• [The task]
Repeat exactly the lines from the start of the records below through the line that contains "meets, of a log with this many bits", including both.

Data extracted from a collection:
----

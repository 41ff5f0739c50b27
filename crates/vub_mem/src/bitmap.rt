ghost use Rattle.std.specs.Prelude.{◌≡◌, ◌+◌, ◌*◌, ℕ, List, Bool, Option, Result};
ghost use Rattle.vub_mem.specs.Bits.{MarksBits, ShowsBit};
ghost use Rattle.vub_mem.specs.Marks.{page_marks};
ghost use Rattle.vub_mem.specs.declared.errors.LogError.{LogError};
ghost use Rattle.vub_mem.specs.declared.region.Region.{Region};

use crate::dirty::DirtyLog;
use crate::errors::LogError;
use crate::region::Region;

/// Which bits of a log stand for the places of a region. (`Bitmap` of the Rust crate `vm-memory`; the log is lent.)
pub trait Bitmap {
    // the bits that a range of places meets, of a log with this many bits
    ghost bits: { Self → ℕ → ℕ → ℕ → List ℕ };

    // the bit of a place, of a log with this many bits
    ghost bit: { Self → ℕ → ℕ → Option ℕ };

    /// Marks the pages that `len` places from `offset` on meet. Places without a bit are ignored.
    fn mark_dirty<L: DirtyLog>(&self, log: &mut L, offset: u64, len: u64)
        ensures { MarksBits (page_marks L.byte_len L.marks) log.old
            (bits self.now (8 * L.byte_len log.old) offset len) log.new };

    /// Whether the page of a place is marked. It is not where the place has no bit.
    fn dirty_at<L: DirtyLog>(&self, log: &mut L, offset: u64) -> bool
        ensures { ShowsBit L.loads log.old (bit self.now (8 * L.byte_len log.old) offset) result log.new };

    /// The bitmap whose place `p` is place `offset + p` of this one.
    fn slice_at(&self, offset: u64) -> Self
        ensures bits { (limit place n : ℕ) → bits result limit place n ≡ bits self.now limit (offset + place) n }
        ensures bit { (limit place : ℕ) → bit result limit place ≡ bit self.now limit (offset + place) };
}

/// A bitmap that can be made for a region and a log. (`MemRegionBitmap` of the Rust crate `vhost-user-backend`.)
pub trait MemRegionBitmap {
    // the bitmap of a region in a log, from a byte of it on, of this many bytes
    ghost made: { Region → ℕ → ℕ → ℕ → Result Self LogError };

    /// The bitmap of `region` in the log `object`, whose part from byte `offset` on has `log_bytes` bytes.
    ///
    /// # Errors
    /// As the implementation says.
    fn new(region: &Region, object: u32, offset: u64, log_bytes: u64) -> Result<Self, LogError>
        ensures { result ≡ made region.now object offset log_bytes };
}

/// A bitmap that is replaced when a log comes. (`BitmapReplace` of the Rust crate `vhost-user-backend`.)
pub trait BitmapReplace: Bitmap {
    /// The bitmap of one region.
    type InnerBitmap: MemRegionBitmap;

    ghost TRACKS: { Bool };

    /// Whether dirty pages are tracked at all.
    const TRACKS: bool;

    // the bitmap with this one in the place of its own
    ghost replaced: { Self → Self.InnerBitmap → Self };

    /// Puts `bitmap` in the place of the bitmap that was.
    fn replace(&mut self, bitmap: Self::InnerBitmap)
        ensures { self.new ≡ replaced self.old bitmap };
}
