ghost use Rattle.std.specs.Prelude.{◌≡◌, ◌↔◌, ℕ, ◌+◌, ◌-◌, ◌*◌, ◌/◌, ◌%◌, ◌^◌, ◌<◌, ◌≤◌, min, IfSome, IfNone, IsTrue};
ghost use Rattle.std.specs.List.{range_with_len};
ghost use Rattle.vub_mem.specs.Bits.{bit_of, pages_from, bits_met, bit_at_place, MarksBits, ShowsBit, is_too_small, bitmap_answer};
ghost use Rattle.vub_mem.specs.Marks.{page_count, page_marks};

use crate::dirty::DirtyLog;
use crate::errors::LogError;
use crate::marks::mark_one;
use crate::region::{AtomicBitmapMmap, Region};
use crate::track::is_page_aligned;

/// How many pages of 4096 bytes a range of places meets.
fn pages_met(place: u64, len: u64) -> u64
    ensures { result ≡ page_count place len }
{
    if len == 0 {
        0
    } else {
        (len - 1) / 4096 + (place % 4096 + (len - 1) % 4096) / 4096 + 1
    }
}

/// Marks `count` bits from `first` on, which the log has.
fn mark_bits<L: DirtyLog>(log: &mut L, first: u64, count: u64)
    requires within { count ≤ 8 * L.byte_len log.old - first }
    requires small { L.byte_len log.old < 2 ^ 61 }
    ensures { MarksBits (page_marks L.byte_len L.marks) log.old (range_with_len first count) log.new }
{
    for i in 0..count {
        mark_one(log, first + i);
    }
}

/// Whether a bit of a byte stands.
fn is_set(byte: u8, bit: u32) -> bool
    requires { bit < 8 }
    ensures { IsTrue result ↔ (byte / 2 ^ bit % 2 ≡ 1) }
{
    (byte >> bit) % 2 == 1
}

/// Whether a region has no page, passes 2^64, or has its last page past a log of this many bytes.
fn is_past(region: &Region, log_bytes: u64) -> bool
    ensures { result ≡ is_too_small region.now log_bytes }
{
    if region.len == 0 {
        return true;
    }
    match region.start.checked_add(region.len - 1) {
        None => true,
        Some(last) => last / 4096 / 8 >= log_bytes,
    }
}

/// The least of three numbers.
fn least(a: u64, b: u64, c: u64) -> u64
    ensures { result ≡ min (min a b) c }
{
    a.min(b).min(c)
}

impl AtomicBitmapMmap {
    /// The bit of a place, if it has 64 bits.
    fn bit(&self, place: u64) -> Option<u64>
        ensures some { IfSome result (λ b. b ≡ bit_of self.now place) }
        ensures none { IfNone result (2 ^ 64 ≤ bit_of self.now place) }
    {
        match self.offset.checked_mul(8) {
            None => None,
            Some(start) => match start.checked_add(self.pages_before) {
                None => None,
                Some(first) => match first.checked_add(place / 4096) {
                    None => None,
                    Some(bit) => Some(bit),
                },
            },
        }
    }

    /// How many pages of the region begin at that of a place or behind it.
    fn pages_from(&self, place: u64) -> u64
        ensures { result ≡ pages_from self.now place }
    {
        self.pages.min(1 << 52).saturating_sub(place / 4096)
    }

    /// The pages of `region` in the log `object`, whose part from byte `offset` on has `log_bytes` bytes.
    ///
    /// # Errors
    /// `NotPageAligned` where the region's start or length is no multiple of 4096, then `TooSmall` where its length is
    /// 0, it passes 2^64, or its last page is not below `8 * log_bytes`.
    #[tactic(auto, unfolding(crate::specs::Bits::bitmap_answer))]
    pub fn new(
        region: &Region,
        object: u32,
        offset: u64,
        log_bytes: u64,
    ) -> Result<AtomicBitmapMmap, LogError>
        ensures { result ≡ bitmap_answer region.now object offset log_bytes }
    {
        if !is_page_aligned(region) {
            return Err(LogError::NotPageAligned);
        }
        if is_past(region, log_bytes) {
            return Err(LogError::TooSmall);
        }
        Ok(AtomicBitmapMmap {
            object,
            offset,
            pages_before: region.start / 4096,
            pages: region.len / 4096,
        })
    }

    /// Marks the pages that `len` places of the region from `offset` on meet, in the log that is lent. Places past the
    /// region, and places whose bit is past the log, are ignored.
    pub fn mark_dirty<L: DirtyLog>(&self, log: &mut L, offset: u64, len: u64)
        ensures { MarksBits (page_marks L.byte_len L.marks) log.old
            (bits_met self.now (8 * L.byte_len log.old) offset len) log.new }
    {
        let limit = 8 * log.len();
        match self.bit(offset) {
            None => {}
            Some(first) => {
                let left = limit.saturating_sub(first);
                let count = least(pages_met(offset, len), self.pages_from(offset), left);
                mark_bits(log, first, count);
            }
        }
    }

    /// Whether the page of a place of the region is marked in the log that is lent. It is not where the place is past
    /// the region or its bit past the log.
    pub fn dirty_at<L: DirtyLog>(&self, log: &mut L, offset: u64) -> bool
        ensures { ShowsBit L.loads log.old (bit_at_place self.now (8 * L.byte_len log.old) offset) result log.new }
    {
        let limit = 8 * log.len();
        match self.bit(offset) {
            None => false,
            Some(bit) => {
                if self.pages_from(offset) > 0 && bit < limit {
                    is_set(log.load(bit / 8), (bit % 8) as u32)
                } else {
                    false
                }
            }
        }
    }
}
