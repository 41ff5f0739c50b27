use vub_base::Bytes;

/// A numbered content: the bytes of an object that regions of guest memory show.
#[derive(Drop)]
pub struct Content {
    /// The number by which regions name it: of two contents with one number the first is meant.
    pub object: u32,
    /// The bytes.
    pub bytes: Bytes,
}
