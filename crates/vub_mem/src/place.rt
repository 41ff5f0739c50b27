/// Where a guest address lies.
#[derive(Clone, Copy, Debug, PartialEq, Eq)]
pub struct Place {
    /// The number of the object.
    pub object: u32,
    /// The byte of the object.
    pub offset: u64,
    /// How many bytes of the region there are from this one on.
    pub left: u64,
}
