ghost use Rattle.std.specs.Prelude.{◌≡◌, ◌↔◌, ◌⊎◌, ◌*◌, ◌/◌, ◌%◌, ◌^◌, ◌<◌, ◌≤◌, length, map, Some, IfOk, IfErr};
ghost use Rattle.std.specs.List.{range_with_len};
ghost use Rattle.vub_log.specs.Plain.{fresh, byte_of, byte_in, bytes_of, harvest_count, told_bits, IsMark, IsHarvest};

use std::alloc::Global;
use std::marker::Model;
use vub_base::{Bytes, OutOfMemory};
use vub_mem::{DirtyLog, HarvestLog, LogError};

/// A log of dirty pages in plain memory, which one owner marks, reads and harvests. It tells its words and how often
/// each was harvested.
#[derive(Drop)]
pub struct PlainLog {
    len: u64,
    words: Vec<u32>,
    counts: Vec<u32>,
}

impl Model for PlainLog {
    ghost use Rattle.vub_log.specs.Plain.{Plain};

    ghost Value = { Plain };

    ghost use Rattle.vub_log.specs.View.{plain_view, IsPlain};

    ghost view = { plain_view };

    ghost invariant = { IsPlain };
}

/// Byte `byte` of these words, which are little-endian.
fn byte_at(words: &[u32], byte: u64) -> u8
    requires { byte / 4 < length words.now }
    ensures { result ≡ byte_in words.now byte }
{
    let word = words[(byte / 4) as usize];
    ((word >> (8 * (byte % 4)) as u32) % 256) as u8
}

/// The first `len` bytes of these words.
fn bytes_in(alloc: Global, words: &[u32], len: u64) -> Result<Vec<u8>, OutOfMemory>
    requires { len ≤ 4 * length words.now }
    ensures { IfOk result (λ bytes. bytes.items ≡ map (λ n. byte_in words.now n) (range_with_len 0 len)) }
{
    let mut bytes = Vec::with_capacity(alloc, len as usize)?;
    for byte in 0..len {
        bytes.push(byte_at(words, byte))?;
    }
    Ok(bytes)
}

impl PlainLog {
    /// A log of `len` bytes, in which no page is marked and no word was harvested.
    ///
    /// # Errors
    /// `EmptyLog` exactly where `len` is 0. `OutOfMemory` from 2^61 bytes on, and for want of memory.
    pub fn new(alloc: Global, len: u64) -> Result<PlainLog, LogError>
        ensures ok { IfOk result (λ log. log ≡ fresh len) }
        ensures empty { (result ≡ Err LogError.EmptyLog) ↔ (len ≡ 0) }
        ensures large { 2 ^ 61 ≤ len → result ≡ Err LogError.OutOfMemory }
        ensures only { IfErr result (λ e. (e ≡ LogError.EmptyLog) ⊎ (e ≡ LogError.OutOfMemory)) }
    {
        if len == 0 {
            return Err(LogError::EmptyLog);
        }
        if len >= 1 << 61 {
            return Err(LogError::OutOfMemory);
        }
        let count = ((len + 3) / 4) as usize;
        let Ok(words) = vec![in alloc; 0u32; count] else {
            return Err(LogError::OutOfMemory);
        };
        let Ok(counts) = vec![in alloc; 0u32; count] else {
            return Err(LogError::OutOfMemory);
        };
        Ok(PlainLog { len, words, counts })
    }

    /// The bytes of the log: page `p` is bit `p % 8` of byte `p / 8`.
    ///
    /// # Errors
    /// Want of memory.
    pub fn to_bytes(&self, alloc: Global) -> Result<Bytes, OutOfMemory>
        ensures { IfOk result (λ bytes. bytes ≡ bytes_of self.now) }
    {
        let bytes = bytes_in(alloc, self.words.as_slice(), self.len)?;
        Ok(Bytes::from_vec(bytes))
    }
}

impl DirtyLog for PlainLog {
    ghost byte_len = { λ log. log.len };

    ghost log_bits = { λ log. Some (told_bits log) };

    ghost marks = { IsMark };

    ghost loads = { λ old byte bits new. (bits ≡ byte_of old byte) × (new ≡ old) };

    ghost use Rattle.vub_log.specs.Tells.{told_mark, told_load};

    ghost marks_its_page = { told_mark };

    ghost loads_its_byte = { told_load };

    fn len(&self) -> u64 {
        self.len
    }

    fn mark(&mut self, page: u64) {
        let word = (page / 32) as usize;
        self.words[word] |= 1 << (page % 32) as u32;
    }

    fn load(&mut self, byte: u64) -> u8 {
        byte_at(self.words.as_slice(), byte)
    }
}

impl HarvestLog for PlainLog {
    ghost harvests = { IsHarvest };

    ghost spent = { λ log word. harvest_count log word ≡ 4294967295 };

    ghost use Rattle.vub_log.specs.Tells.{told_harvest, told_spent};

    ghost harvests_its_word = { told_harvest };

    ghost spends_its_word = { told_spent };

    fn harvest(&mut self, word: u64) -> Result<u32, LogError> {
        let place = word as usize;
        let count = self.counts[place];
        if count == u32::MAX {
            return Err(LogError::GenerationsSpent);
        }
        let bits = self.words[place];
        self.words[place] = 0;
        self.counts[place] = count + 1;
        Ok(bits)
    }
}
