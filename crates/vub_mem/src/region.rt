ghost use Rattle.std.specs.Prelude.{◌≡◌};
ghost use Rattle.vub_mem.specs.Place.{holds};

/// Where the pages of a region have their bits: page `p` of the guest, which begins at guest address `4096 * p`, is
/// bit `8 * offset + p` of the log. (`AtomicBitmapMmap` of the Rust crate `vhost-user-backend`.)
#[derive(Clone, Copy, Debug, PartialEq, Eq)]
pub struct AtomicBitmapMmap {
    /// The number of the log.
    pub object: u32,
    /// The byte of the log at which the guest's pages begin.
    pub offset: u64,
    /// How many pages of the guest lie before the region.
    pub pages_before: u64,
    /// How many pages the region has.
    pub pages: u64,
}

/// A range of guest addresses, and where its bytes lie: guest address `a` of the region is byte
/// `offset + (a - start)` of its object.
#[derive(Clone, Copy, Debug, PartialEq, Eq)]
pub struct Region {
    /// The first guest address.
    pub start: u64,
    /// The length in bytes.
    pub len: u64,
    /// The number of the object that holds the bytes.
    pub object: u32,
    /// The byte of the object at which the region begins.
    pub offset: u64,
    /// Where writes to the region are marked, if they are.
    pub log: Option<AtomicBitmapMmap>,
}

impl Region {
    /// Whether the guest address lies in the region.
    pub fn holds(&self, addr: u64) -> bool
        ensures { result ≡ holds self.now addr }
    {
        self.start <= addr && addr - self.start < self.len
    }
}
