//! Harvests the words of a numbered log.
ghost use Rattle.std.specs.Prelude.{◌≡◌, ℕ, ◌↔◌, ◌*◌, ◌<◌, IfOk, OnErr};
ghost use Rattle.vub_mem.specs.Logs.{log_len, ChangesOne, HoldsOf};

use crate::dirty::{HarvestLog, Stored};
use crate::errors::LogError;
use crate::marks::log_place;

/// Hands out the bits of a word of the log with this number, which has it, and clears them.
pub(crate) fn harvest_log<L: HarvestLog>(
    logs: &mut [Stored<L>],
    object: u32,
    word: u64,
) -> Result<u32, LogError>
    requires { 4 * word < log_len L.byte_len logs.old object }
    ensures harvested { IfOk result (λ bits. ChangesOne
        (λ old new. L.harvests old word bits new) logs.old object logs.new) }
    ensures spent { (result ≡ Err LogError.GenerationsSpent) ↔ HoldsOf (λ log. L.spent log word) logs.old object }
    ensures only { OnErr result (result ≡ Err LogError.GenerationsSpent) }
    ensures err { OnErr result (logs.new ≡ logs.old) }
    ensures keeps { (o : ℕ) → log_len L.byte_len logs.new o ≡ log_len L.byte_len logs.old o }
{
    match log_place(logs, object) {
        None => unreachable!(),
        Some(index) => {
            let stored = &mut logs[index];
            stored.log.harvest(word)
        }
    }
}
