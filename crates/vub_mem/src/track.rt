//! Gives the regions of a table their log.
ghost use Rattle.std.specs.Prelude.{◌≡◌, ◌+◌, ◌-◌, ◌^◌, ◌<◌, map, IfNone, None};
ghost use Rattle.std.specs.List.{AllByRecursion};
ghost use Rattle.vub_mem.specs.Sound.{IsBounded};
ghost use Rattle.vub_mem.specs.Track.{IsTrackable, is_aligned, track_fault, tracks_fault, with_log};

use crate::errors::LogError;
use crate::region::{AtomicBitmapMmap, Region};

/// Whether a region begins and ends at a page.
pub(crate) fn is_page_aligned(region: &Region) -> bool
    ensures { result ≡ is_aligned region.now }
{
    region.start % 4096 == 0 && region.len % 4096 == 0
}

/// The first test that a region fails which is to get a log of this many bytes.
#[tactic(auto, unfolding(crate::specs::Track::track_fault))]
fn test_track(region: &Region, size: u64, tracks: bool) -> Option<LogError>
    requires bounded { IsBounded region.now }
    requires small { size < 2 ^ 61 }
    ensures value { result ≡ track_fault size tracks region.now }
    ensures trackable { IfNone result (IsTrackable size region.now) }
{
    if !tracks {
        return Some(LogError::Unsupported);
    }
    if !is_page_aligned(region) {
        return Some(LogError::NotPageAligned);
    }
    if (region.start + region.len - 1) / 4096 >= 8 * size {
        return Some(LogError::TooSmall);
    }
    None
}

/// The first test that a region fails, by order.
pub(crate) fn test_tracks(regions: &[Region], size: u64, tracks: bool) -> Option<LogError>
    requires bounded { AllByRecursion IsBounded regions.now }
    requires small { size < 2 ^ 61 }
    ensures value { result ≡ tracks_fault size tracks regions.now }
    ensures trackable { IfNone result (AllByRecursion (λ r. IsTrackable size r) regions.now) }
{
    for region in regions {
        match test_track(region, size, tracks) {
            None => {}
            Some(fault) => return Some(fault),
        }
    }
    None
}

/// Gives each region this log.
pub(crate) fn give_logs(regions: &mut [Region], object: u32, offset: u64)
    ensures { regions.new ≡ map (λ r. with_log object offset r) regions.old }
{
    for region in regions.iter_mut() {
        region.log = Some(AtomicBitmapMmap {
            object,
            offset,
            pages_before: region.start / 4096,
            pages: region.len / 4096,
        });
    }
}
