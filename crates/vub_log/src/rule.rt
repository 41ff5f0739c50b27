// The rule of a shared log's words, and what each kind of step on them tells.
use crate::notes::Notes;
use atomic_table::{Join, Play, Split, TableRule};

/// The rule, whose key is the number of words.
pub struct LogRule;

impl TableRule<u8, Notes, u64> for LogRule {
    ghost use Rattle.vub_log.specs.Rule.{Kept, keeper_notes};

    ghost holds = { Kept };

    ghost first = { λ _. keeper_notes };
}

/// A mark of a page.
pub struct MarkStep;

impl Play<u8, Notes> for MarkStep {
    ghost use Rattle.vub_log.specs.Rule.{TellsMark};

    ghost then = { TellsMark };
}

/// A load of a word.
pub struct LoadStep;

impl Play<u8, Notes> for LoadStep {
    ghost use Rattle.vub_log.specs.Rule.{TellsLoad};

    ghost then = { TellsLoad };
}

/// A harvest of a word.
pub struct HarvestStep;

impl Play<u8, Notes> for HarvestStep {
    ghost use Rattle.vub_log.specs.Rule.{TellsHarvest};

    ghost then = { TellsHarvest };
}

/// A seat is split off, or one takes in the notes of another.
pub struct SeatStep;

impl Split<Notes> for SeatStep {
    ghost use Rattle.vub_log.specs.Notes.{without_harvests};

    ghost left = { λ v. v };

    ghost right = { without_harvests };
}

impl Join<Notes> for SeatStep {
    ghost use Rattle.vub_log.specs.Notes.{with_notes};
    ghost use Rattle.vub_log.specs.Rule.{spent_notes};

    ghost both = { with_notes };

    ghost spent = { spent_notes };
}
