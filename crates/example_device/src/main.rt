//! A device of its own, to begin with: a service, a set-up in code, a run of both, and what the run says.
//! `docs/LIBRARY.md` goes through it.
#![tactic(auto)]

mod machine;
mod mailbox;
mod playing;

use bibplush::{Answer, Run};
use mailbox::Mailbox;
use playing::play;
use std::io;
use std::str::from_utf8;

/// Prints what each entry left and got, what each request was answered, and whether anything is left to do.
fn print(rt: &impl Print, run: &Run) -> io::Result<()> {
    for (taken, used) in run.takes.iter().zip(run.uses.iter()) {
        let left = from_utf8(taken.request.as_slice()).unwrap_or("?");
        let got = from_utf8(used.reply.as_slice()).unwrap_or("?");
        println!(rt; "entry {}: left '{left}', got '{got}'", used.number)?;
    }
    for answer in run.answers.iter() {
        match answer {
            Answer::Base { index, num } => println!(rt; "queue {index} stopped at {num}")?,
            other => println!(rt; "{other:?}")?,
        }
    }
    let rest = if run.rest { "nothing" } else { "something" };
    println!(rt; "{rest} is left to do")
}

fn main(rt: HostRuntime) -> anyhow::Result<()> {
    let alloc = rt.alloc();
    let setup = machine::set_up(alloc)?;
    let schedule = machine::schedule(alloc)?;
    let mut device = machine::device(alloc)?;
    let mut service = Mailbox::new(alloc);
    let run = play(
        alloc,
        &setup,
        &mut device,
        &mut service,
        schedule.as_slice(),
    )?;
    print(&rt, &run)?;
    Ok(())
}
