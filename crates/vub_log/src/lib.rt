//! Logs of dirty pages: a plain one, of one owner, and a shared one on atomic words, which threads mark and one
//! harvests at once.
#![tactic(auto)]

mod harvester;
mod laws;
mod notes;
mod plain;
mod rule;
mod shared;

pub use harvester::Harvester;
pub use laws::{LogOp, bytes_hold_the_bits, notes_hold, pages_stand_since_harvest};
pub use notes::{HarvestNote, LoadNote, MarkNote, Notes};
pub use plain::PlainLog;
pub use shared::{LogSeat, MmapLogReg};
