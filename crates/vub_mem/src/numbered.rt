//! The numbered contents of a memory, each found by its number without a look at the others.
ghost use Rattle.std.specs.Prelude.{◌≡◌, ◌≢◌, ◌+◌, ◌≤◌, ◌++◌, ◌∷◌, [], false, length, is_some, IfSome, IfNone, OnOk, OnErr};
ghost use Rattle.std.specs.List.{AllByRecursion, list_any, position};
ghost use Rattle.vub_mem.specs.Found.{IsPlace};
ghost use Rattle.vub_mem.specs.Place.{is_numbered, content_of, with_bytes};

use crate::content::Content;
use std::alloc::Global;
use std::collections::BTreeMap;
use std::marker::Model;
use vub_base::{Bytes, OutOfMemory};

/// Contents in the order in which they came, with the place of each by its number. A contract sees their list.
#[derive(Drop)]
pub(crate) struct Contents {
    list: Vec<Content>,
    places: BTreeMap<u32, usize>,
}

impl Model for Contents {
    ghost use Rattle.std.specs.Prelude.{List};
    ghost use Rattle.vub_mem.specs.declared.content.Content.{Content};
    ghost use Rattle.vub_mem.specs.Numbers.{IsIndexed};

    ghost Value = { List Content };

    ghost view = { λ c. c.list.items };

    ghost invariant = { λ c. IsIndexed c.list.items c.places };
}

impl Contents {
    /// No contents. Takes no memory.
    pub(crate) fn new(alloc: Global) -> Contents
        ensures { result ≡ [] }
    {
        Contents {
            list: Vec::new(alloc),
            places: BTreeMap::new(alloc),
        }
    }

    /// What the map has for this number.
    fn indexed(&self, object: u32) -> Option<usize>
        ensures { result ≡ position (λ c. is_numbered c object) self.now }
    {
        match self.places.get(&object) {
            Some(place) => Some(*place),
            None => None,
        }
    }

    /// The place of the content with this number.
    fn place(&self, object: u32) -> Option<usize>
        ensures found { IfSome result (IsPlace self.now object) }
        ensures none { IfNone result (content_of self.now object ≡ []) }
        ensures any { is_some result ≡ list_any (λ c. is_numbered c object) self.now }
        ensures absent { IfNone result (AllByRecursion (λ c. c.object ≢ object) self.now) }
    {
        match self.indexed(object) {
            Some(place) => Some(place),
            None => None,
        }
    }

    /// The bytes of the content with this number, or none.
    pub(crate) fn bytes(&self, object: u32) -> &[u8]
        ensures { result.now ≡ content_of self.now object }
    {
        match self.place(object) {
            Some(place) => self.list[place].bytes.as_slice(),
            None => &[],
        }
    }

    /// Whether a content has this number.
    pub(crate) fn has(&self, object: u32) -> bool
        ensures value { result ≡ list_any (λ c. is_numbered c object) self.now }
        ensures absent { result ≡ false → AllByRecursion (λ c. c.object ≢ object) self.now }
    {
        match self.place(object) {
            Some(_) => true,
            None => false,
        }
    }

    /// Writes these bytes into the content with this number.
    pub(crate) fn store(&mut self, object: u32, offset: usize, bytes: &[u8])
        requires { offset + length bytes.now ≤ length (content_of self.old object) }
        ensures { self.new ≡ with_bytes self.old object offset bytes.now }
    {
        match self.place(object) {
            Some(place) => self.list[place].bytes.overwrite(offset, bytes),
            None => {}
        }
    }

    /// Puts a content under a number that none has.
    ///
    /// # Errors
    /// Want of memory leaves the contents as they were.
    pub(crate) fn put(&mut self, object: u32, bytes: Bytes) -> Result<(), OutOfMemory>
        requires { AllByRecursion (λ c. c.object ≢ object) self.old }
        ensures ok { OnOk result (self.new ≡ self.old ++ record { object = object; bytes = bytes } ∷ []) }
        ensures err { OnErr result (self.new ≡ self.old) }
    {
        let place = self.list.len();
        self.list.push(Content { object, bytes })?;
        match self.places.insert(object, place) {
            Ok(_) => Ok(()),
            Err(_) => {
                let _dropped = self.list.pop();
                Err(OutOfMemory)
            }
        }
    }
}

----

• [Response to the task]
repository 41ff5f0739c50b27
filename crates/vub_mem/src/bitmap.rt
ghost use Rattle.std.specs.Prelude.{◌≡◌, ◌+◌, ◌*◌, ℕ, List, Bool, Option, Result};
ghost use Rattle.vub_mem.specs.Bits.{MarksBits, ShowsBit};
ghost use Rattle.vub_mem.specs.Marks.{page_marks};
ghost use Rattle.vub_mem.specs.declared.errors.LogError.{LogError};
ghost use Rattle.vub_mem.specs.declared.region.Region.{Region};

use crate::dirty::DirtyLog;
use crate::errors::LogError;
use crate::region::Region;

/// Which bits of a log stand for the places of a region. (`Bitmap` of the Rust crate `vm-memory`; the log is lent.)
pub trait Bitmap {
    // the bits that a range of places meets, of a log with this many bits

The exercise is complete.